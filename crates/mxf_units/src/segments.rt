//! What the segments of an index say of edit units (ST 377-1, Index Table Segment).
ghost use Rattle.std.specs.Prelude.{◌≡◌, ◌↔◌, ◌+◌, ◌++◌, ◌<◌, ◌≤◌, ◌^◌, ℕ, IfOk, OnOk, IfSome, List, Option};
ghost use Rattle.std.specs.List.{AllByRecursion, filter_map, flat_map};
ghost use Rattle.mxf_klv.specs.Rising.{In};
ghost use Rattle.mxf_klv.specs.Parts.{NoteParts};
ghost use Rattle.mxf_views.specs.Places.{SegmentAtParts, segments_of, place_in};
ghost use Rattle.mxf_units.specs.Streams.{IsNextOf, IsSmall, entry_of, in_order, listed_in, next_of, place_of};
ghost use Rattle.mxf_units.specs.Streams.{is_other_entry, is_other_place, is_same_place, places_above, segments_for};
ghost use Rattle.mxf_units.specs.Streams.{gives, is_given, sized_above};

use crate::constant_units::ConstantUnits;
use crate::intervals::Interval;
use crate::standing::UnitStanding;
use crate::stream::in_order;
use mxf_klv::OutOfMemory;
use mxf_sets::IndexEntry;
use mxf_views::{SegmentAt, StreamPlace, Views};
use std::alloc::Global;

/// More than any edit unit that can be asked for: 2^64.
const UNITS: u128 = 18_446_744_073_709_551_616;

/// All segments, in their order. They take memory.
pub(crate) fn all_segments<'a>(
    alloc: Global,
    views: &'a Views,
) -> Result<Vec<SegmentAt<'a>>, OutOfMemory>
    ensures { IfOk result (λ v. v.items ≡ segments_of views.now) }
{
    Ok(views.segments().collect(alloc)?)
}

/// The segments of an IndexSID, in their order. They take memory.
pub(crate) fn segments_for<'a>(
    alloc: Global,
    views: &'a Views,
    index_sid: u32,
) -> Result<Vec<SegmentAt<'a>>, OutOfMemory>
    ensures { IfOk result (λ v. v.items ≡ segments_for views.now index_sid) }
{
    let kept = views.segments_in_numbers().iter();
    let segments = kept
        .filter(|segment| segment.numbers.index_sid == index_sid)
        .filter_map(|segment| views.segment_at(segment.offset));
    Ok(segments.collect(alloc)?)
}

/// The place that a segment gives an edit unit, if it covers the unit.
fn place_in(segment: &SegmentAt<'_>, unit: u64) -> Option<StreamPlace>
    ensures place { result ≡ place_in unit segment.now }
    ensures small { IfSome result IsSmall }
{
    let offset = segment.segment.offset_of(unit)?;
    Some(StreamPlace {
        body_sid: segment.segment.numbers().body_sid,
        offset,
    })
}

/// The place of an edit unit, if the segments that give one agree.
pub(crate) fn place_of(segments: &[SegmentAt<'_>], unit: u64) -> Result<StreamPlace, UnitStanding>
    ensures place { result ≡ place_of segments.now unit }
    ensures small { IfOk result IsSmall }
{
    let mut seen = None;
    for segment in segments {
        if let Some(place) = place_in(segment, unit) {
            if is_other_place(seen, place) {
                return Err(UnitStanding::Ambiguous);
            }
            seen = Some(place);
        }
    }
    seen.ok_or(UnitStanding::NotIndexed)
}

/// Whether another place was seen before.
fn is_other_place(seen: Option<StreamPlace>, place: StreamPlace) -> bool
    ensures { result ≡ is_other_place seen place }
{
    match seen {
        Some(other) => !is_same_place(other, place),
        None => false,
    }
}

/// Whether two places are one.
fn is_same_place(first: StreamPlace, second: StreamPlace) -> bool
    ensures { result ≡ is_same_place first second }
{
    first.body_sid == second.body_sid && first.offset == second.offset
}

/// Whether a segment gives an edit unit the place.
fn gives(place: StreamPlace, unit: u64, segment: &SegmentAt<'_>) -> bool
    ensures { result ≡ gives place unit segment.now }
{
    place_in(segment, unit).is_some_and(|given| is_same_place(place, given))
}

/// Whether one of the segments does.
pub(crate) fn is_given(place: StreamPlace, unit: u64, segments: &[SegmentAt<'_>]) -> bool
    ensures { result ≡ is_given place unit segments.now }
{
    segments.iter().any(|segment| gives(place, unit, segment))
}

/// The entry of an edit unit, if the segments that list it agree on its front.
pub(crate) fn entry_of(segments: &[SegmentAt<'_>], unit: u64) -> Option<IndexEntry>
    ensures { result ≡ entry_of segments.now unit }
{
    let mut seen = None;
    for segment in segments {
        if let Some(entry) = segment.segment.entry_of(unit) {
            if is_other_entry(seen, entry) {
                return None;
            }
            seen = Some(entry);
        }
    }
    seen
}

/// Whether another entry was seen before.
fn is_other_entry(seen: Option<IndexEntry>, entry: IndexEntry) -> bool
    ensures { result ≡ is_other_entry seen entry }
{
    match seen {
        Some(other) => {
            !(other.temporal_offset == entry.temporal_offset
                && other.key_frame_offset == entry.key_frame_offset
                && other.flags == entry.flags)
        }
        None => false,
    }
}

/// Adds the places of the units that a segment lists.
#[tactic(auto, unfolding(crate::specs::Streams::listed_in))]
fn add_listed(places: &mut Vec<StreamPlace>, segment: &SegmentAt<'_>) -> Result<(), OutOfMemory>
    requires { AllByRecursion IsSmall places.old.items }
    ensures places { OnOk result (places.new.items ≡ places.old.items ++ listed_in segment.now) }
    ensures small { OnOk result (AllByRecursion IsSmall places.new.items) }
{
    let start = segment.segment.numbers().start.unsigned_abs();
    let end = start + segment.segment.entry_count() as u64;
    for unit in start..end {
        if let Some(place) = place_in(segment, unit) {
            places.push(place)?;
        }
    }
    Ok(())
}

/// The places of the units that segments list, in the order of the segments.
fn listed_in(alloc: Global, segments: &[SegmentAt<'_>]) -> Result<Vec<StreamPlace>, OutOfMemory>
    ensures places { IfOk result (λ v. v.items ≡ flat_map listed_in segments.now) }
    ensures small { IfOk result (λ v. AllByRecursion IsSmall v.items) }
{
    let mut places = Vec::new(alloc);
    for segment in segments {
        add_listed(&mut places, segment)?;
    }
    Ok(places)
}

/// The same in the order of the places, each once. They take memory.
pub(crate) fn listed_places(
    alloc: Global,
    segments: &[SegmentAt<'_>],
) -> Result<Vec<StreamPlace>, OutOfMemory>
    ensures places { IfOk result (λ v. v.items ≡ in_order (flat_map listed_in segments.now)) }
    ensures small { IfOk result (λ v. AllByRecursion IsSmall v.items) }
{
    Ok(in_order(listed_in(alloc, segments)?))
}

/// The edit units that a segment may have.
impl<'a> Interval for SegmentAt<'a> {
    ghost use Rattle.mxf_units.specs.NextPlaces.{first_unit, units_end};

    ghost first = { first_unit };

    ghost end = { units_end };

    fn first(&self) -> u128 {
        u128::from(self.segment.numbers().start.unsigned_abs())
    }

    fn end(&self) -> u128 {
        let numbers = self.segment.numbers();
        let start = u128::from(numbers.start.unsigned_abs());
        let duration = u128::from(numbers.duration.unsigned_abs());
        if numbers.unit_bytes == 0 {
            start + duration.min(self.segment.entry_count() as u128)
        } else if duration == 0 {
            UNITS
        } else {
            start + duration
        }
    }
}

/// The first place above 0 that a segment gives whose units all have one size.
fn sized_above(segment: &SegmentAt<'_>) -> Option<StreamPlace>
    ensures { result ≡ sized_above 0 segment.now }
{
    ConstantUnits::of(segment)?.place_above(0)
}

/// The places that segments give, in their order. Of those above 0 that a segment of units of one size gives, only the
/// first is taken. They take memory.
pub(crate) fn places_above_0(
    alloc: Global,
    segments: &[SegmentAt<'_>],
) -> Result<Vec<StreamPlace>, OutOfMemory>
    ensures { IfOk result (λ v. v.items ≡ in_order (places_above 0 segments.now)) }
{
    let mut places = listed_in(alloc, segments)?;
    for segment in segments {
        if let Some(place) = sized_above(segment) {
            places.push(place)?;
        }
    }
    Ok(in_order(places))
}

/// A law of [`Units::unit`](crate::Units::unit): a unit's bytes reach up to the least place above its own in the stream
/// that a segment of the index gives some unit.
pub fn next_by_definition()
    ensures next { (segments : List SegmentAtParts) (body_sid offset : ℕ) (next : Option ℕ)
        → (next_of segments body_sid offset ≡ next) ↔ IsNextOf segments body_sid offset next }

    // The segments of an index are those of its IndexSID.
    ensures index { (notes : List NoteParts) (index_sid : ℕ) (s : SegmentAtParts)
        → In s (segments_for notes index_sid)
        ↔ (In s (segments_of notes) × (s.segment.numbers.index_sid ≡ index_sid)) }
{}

━━━━━━━━━━━━━━━━

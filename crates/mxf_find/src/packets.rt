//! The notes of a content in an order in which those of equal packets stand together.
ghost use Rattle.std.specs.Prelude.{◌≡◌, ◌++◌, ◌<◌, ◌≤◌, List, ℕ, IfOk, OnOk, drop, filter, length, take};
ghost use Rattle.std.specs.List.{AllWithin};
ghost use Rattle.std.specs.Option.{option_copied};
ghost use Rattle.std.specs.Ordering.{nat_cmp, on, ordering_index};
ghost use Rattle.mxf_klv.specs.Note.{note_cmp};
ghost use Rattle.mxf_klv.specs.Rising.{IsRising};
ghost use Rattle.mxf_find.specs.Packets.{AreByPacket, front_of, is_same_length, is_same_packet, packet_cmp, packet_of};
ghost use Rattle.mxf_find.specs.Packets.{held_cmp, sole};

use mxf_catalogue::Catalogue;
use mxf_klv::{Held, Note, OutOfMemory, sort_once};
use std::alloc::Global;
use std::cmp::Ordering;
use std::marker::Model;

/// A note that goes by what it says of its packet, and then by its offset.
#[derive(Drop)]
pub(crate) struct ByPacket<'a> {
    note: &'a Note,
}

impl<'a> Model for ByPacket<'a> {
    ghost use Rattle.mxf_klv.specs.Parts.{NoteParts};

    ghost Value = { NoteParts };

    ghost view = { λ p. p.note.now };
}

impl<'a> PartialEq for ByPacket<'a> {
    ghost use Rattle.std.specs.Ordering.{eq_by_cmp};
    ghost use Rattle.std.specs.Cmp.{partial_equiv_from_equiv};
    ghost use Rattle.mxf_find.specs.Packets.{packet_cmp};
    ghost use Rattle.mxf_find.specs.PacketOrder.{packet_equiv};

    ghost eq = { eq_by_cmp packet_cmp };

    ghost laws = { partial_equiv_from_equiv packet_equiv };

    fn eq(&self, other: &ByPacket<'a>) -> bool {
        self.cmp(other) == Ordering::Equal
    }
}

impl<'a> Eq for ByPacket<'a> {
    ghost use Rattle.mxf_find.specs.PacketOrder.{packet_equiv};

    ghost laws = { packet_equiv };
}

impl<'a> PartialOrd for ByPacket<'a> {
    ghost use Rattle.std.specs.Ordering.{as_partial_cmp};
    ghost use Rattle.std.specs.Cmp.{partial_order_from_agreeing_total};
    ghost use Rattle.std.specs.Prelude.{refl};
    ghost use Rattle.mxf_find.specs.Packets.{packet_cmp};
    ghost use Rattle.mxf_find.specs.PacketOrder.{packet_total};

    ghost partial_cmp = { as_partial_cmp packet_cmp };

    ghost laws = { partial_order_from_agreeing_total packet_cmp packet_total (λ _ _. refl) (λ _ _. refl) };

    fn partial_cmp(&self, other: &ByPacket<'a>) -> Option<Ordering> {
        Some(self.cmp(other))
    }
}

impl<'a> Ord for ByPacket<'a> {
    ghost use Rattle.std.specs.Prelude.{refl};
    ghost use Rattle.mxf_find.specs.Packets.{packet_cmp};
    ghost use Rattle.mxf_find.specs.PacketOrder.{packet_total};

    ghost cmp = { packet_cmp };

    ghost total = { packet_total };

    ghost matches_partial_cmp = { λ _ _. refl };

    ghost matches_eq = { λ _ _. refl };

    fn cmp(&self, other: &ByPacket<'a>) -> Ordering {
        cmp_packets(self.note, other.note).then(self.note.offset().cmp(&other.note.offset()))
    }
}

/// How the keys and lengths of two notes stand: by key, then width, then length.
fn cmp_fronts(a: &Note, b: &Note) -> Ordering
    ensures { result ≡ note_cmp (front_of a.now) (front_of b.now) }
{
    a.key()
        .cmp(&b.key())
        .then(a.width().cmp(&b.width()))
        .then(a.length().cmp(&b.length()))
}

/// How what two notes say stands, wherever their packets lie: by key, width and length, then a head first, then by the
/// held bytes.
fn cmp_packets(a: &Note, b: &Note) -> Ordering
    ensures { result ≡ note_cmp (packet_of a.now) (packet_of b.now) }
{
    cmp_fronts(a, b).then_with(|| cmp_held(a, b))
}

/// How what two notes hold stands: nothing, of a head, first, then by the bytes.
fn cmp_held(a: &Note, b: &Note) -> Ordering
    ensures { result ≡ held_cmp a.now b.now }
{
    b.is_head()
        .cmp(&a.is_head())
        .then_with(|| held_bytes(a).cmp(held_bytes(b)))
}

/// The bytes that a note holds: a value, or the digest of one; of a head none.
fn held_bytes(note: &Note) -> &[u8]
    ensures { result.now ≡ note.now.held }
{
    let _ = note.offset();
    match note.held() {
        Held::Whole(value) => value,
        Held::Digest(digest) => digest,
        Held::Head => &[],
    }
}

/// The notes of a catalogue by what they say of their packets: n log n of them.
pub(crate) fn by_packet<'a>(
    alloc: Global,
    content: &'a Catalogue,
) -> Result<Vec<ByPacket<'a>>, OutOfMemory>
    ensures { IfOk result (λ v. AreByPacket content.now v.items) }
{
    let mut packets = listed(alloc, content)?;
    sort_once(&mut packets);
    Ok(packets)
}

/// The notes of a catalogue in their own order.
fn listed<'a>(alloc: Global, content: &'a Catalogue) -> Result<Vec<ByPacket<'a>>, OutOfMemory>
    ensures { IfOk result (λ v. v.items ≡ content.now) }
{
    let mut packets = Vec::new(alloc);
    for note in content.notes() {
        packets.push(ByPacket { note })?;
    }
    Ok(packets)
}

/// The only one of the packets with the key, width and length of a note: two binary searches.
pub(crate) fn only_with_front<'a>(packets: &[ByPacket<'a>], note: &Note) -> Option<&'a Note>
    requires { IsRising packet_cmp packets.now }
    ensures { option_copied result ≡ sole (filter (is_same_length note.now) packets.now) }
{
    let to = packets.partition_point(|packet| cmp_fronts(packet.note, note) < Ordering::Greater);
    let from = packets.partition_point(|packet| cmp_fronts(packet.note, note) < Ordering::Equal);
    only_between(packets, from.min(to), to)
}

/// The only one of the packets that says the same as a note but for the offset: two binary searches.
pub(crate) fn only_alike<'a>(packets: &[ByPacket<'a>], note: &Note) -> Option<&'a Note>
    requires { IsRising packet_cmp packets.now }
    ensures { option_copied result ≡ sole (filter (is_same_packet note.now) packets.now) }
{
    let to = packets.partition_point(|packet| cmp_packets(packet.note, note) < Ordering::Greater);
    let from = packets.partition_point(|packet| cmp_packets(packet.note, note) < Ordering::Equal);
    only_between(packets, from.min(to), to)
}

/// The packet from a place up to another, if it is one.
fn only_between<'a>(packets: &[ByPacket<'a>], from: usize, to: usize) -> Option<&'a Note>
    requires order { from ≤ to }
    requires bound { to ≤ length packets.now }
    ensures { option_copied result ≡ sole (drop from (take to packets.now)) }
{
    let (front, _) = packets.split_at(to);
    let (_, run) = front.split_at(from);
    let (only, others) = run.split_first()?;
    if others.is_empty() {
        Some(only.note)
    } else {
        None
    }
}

━━━━━━━━━━━━━━━━

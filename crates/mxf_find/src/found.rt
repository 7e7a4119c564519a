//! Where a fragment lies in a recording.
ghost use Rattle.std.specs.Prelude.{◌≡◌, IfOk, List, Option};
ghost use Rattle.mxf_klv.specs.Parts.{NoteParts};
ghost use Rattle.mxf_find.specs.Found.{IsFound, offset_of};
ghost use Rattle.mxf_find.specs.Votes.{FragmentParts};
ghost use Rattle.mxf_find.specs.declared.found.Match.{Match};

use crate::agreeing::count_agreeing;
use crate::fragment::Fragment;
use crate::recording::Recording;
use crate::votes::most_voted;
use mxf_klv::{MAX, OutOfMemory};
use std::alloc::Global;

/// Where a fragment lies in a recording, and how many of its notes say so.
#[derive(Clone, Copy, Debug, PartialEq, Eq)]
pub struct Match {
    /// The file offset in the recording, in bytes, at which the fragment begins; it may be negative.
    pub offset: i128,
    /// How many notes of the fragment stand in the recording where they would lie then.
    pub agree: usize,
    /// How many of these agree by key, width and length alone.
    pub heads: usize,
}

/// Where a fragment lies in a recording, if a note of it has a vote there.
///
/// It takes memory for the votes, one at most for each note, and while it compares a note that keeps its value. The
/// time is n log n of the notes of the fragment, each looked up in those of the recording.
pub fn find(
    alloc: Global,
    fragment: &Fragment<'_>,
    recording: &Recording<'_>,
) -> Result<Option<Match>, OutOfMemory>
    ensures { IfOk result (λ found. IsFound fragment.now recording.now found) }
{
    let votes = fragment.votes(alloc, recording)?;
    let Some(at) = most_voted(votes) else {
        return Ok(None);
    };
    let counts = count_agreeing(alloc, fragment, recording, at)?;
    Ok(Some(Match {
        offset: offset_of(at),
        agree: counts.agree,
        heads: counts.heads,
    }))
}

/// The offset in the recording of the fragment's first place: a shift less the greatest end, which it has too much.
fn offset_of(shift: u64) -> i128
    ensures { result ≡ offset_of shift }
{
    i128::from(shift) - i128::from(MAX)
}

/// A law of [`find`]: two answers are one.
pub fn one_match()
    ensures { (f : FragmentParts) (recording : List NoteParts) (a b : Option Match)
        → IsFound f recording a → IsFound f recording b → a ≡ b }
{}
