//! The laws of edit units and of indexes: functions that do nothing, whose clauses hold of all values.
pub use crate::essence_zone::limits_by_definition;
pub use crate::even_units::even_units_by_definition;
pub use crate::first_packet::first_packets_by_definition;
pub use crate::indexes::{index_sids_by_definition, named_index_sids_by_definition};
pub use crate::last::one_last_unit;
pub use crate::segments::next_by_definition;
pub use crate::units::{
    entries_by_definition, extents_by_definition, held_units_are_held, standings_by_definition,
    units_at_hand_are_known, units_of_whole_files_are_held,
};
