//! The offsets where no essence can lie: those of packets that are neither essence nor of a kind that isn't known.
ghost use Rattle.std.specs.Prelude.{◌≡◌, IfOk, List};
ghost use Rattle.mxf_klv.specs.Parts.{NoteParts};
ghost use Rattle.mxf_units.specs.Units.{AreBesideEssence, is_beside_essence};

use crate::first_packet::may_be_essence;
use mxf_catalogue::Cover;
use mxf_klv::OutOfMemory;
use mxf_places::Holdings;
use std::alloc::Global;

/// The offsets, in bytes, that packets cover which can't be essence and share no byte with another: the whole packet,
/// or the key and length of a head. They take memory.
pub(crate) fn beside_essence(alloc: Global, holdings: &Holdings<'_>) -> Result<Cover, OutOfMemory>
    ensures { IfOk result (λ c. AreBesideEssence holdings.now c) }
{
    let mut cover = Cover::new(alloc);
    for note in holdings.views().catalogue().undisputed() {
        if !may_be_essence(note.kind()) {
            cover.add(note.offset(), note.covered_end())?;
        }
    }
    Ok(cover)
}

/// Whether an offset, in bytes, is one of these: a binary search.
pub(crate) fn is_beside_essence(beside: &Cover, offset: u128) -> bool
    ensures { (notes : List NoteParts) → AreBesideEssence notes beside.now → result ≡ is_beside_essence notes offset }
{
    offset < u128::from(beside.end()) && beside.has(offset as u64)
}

━━━━━━━━━━━━━━━━

**What to do:**
Using the records above, count the lines containing "AreByPacket". Give no words besides the number.

**Task output:**
2